The other signees: 11, Aaron Baker, 1B; 13, Walker Gourley*, SS, $115K; 18, Ryan Beckman, RHP; 21, Phillip Irwin, RHP; 23, Jose Hernandez, OF; 24, Jason Erickson, RHP; 30, Ty Summerlin, SS; 33, Pat Irvine, OF; 34, Zac Fuesser (JC), LHP, $125K; 42, Marc Baca, RHP; 43, Edward Fallon, RHP.
The Pirates have room for a couple more signees; Neal Huntington said they may end up with 1-3 more players.
This year, they had the advantage of not tying up so much of the budget in one player, as they did when they signed Pedro Alvarez for $6M in bonus sugar.
So they targeted they number one commodity in baseball, pitchers. Seven of their top ten picks were spent on arms, and five of them were high school hurlers. And they needed some pitching; Quinton Miller and Justin Wilson are they only two pitchers drafted last year that have a pedigree.
That's the good news. The bad news is even if they guessed right on the youngsters this year, they're all a long way from PNC. Tony Sanchez is the only 2009 draftee to make it to A ball this year. He's zoomed past Andrew Walker at West Virginia, and has Kris Watts and Steve Lerud, at Lynchburg and Altoona, squarely in his sights.
After him, a handful of players are getting their feet wet at short-season State College. Two of them are pitchers, Nate Baker and Victor Black. The others are Aaron Baker, Evan Chambers, Jose Hernandez, Pat Irvine, and Ty Summerlin. None are setting the world afire.
The rest are in the Gulf Coast Rookie League or Florida Instructional League. That's not a surprise, considering how young the class is. But what it does is illustrate why the suits have dumped the MLB team for upper level prospects.
Except for Alvarez, none of the past two draft classes have players that have advanced beyond High A Lynchburg, and that's where they should be at this stage of the careers.

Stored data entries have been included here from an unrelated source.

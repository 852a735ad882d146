// Runs over bytes and demand 3: definitions in specs/, the proof in proofs/. This crate has no code.
#![tactic(auto)]
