//! How a key finder is made, and the keys that it finds.

ghost use Rattle.std.specs.Prelude.{◌≡◌, ◌+◌, ◌^◌, ◌<◌, ◌≤◌, length, map, drop, Some, IfOk};
ghost use Rattle.std.specs.List.{AllWithin};
ghost use Rattle.std.specs.List.Sorted.{IsNonDecreasing};
ghost use Rattle.issue_keys.specs.Indexes.{IsIndex};
ghost use Rattle.issue_drafts.specs.WorkKeys.{Keys, key_of, keys_at, Finds, IsPosition, fresh_position};

use crate::key_finder::KeyFinder;
use issue_keys::{KeyIndex, index_of};
use key_ids::KeyId;
use key_roll::{KeyName, KeyRow};
use std::alloc::{AllocError, Global};

/// The identifiers of keys, each of which is hashed here and nowhere else in an edition's drafts.
fn ids_of(alloc: Global, rows: &[KeyRow]) -> Result<Vec<KeyId>, AllocError>
    ensures { IfOk result (λ ids. ids.items ≡ map key_of rows.now) }
{
    let mut ids = Vec::with_capacity(alloc, rows.len())?;
    for row in rows {
        ids.push(KeyId::of(&row.key.bytes))?;
    }
    Ok(ids)
}

/// The same, as an index takes them.
fn live_keys(alloc: Global, ids: &[KeyId]) -> Result<Vec<Option<KeyId>>, AllocError>
    ensures { IfOk result (λ keys. keys.items ≡ map (λ id. Some id) ids.now) }
{
    ids.iter().map(|id| Some(*id)).collect(alloc)
}

/// The positions of the keys with these identifiers.
fn live_index(alloc: Global, ids: &[KeyId]) -> Result<KeyIndex, AllocError>
    ensures { IfOk result (IsIndex (map (λ id. Some id) ids.now)) }
{
    let keys = live_keys(alloc, ids)?;
    let index = index_of(alloc, &keys)?;
    Ok(index)
}

/// The rows from that number on.
fn behind(rows: &[KeyRow], first: usize) -> &[KeyRow]
    requires { first ≤ length rows.now }
    ensures { result.now ≡ drop first rows.now }
{
    rows.split_at(first).1
}

/// The desks of keys.
fn desks_of(alloc: Global, rows: &[KeyRow]) -> Result<Vec<u32>, AllocError>
    ensures { IfOk result (λ desks. desks.items ≡ map (λ row. row.desk) rows.now) }
{
    rows.iter().map(|row| row.desk).collect(alloc)
}

/// Where the first of rising numbers stands that isn't below another.
fn first_not_below(desks: &[u32], desk: u32) -> usize
    ensures bound { result ≤ length desks.now }
    ensures below { IsNonDecreasing desks.now → AllWithin (λ d. d < desk) desks.now 0 result }
    ensures above { IsNonDecreasing desks.now → AllWithin (λ d. desk ≤ d) desks.now result (length desks.now) }
{
    desks.partition_point(|d| *d < desk)
}

impl KeyFinder {
    /// Finds keys among these rows, of which those from that number on are of keys that were made.
    pub fn new(alloc: Global, rows: &[KeyRow], first_fresh: usize) -> Result<KeyFinder, AllocError>
        requires inside { first_fresh ≤ length rows.now }
        requires rising { IsNonDecreasing (map (λ row. row.desk) (drop first_fresh rows.now)) }
        ensures { IfOk result (Finds (keys_at rows.now first_fresh)) }
    {
        let ids = ids_of(alloc, rows)?;
        let live = live_index(alloc, &ids)?;
        let fresh = behind(rows, first_fresh);
        let desks = desks_of(alloc, fresh)?;
        Ok(KeyFinder {
            ids,
            live,
            desks,
            first_fresh,
        })
    }

    /// The position of the first new key of a desk.
    fn fresh_position(&self, desk: u32) -> Option<usize>
        ensures { IsNonDecreasing self.now.desks.items
            → result ≡ fresh_position self.now.desks.items self.now.first_fresh desk }
    {
        let at = first_not_below(&self.desks, desk);
        match self.desks.get(at) {
            Some(found) if *found == desk => Some(self.first_fresh + at),
            _ => None,
        }
    }

    /// The position of the key among the rows of the edition. An index.
    pub fn position(&self, name: &KeyName) -> Option<usize>
        ensures { (keys : Keys) → Finds keys self.now → IsPosition keys name.now result }
    {
        match name {
            KeyName::Live { id } => self.live.first(id),
            KeyName::Fresh { desk } => self.fresh_position(*desk),
        }
    }
}
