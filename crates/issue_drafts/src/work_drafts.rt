//! The draft of each object that the work asks for (RFC 6487, RFC 9582, RFC 9286).

ghost use Rattle.std.specs.Prelude.{◌≡◌, IfOk, IfSome, Option, option_map};
ghost use Rattle.issue_drafts.specs.WorkKeys.{Keys, key_named};
ghost use Rattle.issue_drafts.specs.IssueInput.{IssueInput};
ghost use Rattle.issue_drafts.specs.Publishers.{name_at};
ghost use Rattle.issue_drafts.specs.Drafts.{Draft, certificate_draft, roa_draft, crl_draft, manifest_draft};
ghost use Rattle.issue_drafts.specs.Views.{draft_of, manifest_of, IsPositioned, IsDraftPositioned};
ghost use Rattle.issue_drafts.specs.DraftInput.{setting_in, keys_in, CanDraft};

use crate::draft::{Draft, DraftKind, KeyAt, ManifestDraft};
use crate::draft_input::DraftInput;
use crate::key_publishers::{made_uri, name_of};
use crate::placed_keys::key_named;
use key_roll::{CertWork, KeyName, PointWork, RoaWork};
use names::Name;
use pub_set::Uri;
use std::alloc::{AllocError, Global};

/// The key that a name stands for.
fn key_at<'a>(at: &DraftInput<'a>, name: &KeyName) -> Option<KeyAt<'a>>
    requires { CanDraft at.now }
    ensures key { option_map (λ k. k.row.now) result ≡ key_named (keys_in at.now) name.now }
    ensures positioned { IfSome result (IsPositioned at.now.rows.now) }
{
    key_named(at.rows, at.finder, name)
}

/// The name of a key's authority.
fn name_at(at: &DraftInput<'_>, key: &KeyAt<'_>) -> Name
    requires can { CanDraft at.now }
    requires positioned { IsPositioned at.now.rows.now key.now }
    ensures { result ≡ name_at at.now.input.now.names.now key.now.row.now.desk }
{
    name_of(at.input.names, key.row.desk)
}

/// Work that an object is drafted for: a certificate, a ROA, or the CRL of a key's point.
pub trait DraftedWork {
    ghost drafted: { IssueInput → Keys → Self → Option Draft };

    /// The draft, if the work names keys of the edition.
    fn draft<'a>(
        &'a self,
        alloc: Global,
        at: &DraftInput<'a>,
    ) -> Result<Option<Draft<'a>>, AllocError>
        requires { CanDraft at.now }
        ensures draft { IfOk result (λ d. option_map draft_of d
            ≡ drafted (setting_in at.now) (keys_in at.now) self.now) }
        ensures positioned { IfOk result (λ d. IfSome d (IsDraftPositioned at.now.rows.now)) };
}

impl DraftedWork for CertWork {
    ghost drafted = { certificate_draft };

    fn draft<'a>(
        &'a self,
        alloc: Global,
        at: &DraftInput<'a>,
    ) -> Result<Option<Draft<'a>>, AllocError> {
        let (Some(issuer), Some(subject)) = (key_at(at, &self.issuer), key_at(at, &self.subject))
        else {
            return Ok(None);
        };
        let (site, names) = (at.input.site, at.input.names);
        let uri = made_uri(alloc, site, names, &issuer, &subject)?;
        Ok(Some(Draft {
            uri: Uri::new(uri),
            issuer,
            kind: DraftKind::Authority {
                subject,
                held: &self.held,
            },
        }))
    }
}

impl DraftedWork for RoaWork {
    ghost drafted = { roa_draft };

    fn draft<'a>(
        &'a self,
        alloc: Global,
        at: &DraftInput<'a>,
    ) -> Result<Option<Draft<'a>>, AllocError> {
        let Some(issuer) = key_at(at, &self.issuer) else {
            return Ok(None);
        };
        let name = name_at(at, &issuer);
        let file = self.origin.file_name(alloc)?;
        let site = at.input.site;
        let uri = site.file_uri(alloc, name.as_str(), file.as_str())?;
        Ok(Some(Draft {
            uri: Uri::new(uri),
            issuer,
            kind: DraftKind::Route {
                origin: self.origin,
            },
        }))
    }
}

impl DraftedWork for PointWork {
    ghost drafted = { crl_draft };

    fn draft<'a>(
        &'a self,
        alloc: Global,
        at: &DraftInput<'a>,
    ) -> Result<Option<Draft<'a>>, AllocError> {
        let Some(issuer) = key_at(at, &self.key) else {
            return Ok(None);
        };
        let (name, id) = (name_at(at, &issuer), issuer.id());
        let uri = at.input.site.crl_uri(alloc, name.as_str(), &id)?;
        Ok(Some(Draft {
            uri: Uri::new(uri),
            issuer,
            kind: DraftKind::Crl,
        }))
    }
}

/// The draft of the manifest of a key's point.
pub fn manifest_draft<'a>(
    alloc: Global,
    at: &DraftInput<'a>,
    point: &PointWork,
) -> Result<Option<ManifestDraft<'a>>, AllocError>
    requires { CanDraft at.now }
    ensures draft { IfOk result (λ d. option_map manifest_of d
        ≡ manifest_draft (setting_in at.now) (keys_in at.now) point.now) }
    ensures positioned { IfOk result (λ d. IfSome d (λ d. IsPositioned at.now.rows.now d.issuer)) }
{
    let Some(issuer) = key_at(at, &point.key) else {
        return Ok(None);
    };
    let (name, id) = (name_at(at, &issuer), issuer.id());
    let uri = at.input.site.manifest_uri(alloc, name.as_str(), &id)?;
    Ok(Some(ManifestDraft {
        uri: Uri::new(uri),
        issuer,
    }))
}
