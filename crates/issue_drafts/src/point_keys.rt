//! Which keys get a new CRL and manifest (RFC 9286 section 5.1).

ghost use Rattle.std.specs.Prelude.{◌≡◌, ◌≢◌, All, AllPairs, map, IsPermutation, IfOk};
ghost use Rattle.issue_keys.specs.Keys.{id_of};
ghost use Rattle.issue_drafts.specs.WorkKeys.{Keys};
ghost use Rattle.issue_drafts.specs.IssueInput.{IssueInput as Edition};
ghost use Rattle.issue_drafts.specs.Drafts.{manifests as manifests_of};
ghost use Rattle.issue_drafts.specs.Views.{manifest_of, IsPositioned};
ghost use Rattle.issue_drafts.specs.Revoking.{has_point};

use crate::draft::ManifestDraft;
use key_roll::KeyRow;
use std::alloc::{AllocError, Global};

/// Which keys get a new CRL and manifest: those whose manifests are made.
pub fn points(
    alloc: Global,
    rows: &[KeyRow],
    manifests: &[ManifestDraft<'_>],
) -> Result<Vec<bool>, AllocError>
    requires positioned { All (λ m. IsPositioned rows.now m.issuer) manifests.now }
    requires apart { AllPairs (λ a b. id_of a ≢ id_of b) rows.now }
    ensures { IfOk result (λ points. (s : Edition) (keys : Keys)
        → IsPermutation (manifests_of s keys) (map manifest_of manifests.now)
        → points.items ≡ map (has_point s keys) rows.now) }
{
    let mut points = vec![in alloc; false; rows.len()]?;
    for manifest in manifests {
        points[manifest.issuer.position] = true;
    }
    Ok(points)
}
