//! The work of an edition, and what stands before it.

use authority_book::NameRow;
use key_ids::Site;
use key_roll::{IssuedRow, Work};

/// The work of an edition, and what stands published before it.
#[derive(Clone, Copy)]
pub struct IssueParts<'a> {
    pub work: &'a Work,
    /// The names of the authorities, by their desks.
    pub names: &'a [NameRow],
    pub issued: &'a [IssuedRow],
    pub site: &'a Site,
}
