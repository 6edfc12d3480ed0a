//! The serials of an edition's certificates and ROAs (RFC 5280 section 4.1.2.2).

ghost use Rattle.std.specs.Prelude.{◌≡◌, ◌≢◌, ◌+◌, ◌<◌, ◌^◌, map, length, slice_get, slice_index, slice_set, All, AllPairs, IfOk, if◌then◌else◌};
ghost use Rattle.pub_set.specs.Objects.{Rise};
ghost use Rattle.issue_keys.specs.Keys.{id_of};
ghost use Rattle.issue_drafts.specs.Drafts.{has_serial, serial_behind};
ghost use Rattle.issue_drafts.specs.Views.{kind_of, draft_of, IsPositioned};
ghost use Rattle.issue_drafts.specs.Serials.{given_serial};

use crate::draft::{Draft, DraftKind};
use key_roll::KeyRow;
use std::alloc::{AllocError, Global};

/// Serials of objects, and those that come next under the keys.
#[derive(Debug, Drop)]
pub struct Serials {
    /// One for each draft. A CRL has 0.
    pub given: Vec<u64>,
    /// One for each key.
    pub next: Vec<u64>,
}

/// The serials that come next under the keys.
fn first_serials(alloc: Global, rows: &[KeyRow]) -> Result<Vec<u64>, AllocError>
    ensures { IfOk result (λ next. next.items ≡ map (λ row. row.next_serial) rows.now) }
{
    rows.iter().map(|row| row.next_serial).collect(alloc)
}

/// Whether an object of that kind takes a serial.
fn has_serial(kind: &DraftKind<'_>) -> bool
    ensures { result ≡ has_serial (kind_of kind.now) }
{
    match kind {
        DraftKind::Authority { .. } | DraftKind::Route { .. } => true,
        DraftKind::Crl => false,
    }
}

/// The serial of a draft, which its key gives.
fn take_serial(next: &mut [u64], draft: &Draft<'_>) -> u64
    requires position { draft.now.issuer.position < length next.old }
    requires room { slice_index next.old draft.now.issuer.position + 1 < 2 ^ 64 }
    ensures given { result ≡ (if has_serial (kind_of draft.now.kind) then slice_index next.old draft.now.issuer.position else 0) }
    ensures next { next.new ≡ (if has_serial (kind_of draft.now.kind)
        then slice_set next.old draft.now.issuer.position (slice_index next.old draft.now.issuer.position + 1) else next.old) }
{
    if !has_serial(&draft.kind) {
        return 0;
    }
    let position = draft.issuer.position;
    let serial = next[position];
    next[position] = serial + 1;
    serial
}

/// Serials for the drafts: for each key from its next one on, by rising URI.
pub fn give_serials(
    alloc: Global,
    rows: &[KeyRow],
    drafts: &[Draft<'_>],
) -> Result<Serials, AllocError>
    requires apart { AllPairs (λ a b. id_of a ≢ id_of b) rows.now }
    requires serials { All (λ row. row.next_serial < 2 ^ 62) rows.now }
    requires positioned { All (λ d. IsPositioned rows.now d.issuer) drafts.now }
    requires rising { Rise (λ d. d.uri) drafts.now }

    // One for each certificate and ROA.
    ensures given { IfOk result (λ serials. serials.given.items
        ≡ map (λ d. given_serial (map draft_of drafts.now) (draft_of d)) drafts.now) }

    // Those behind them, one for each key.
    ensures next { IfOk result (λ serials. serials.next.items ≡ map (serial_behind (map draft_of drafts.now)) rows.now) }
{
    let mut next = first_serials(alloc, rows)?;
    let mut given = Vec::with_capacity(alloc, drafts.len())?;
    for draft in drafts {
        given.push(take_serial(&mut next, draft))?;
    }
    Ok(Serials { given, next })
}
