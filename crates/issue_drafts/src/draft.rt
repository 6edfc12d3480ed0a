//! The objects of an edition before they are signed.

ghost use Rattle.std.specs.Prelude.{◌≡◌};
ghost use Rattle.sha1.specs.Sha1.{sha1};

use key_ids::KeyId;
use key_roll::KeyRow;
use origins::Origin;
use pub_set::Uri;
use res_sets::Resources;

/// A key of the edition with its identifier, and its position among the edition's keys.
#[derive(Clone, Copy)]
pub struct KeyAt<'a> {
    /// An index from 0.
    pub position: usize,
    pub row: &'a KeyRow,
    /// The key's identifier.
    pub(crate) id: KeyId,
    pub ghost identified: { id.bytes ≡ sha1 row.now.key.bytes },
}

/// What an object is to say.
#[derive(Clone, Copy)]
pub enum DraftKind<'a> {
    Authority {
        subject: KeyAt<'a>,
        held: &'a Resources,
    },
    Route {
        origin: Origin,
    },
    Crl,
}

/// An object to be made: where it is to stand, and the key that issues it.
#[derive(Drop)]
pub struct Draft<'a> {
    pub uri: Uri,
    pub issuer: KeyAt<'a>,
    pub kind: DraftKind<'a>,
}

/// A manifest to be made.
#[derive(Drop)]
pub struct ManifestDraft<'a> {
    pub uri: Uri,
    pub issuer: KeyAt<'a>,
}
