//! The entries of a key's CRL: of revoked certificates the first of each serial, by rising serial
//! (RFC 5280 section 5.1.2.6).

ghost use Rattle.std.specs.Prelude.{IfOk};
ghost use Rattle.issue_drafts.specs.Firsts.{AreFirsts};

use key_roll::RevokedRow;
use std::alloc::AllocError;

/// Of each serial the first of the rows, by rising serial.
pub fn first_of_each(rows: Vec<RevokedRow>) -> Result<Vec<RevokedRow>, AllocError>
    ensures { IfOk result (λ entries. AreFirsts rows.items entries.items) }
{
    let mut entries = rows;
    entries.sort_by_key(|row| row.serial)?;
    entries.dedup_by_key(|row| row.serial);
    Ok(entries)
}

But it leaves Altoona and Indy terribly barren of players, and that's what the management chose to address.
If the 2008-09 draft classes pan out (and that's no sure thing), they should start landing in the bigs between 2012-2014, maybe later.
That left the new bosses two options. First, they could wait for the gap between the upper and lower levels to fill in over the years and tie up the roster they inherited, with a free agent or two, until 2013.
Or they could blow up the team for prospects and try to patch the feeder system first, knowing that the MLB product would suffer for two or three seasons. Both choices are iffy propositions.
For better or worse, they decided that the core they were given wouldn't cut it for one more contract, so they opted for Plan B.
The risk with hanging on to the old team was that they had shown no aptitude for winning games and were perilously thin in pitching.
The risk with the prospect route is that you can't be sure that the kids, no matter their upside, will ever develop. You also run a very real chance that the MLB team will have defeatism ingrained in it if its not competitive while waiting for help. And there is that fan thingie...
Well, we know the road they chose. And in 2012, we'll find out if its the right path.
How'd they get to this precarious position? Ted Keith of SI's Inside Baseball starts his column off with this:
"...the most dedicated fans in baseball trudge...into a... gorgeous ballpark that hosts an annually ugly team. It must be the ballpark, and the view and the misplaced hope of success that is drawing those fans each night, because it sure isn't the baseball."He goes on to cover the moves over the past 17 years that have made the Pirates the Pirates.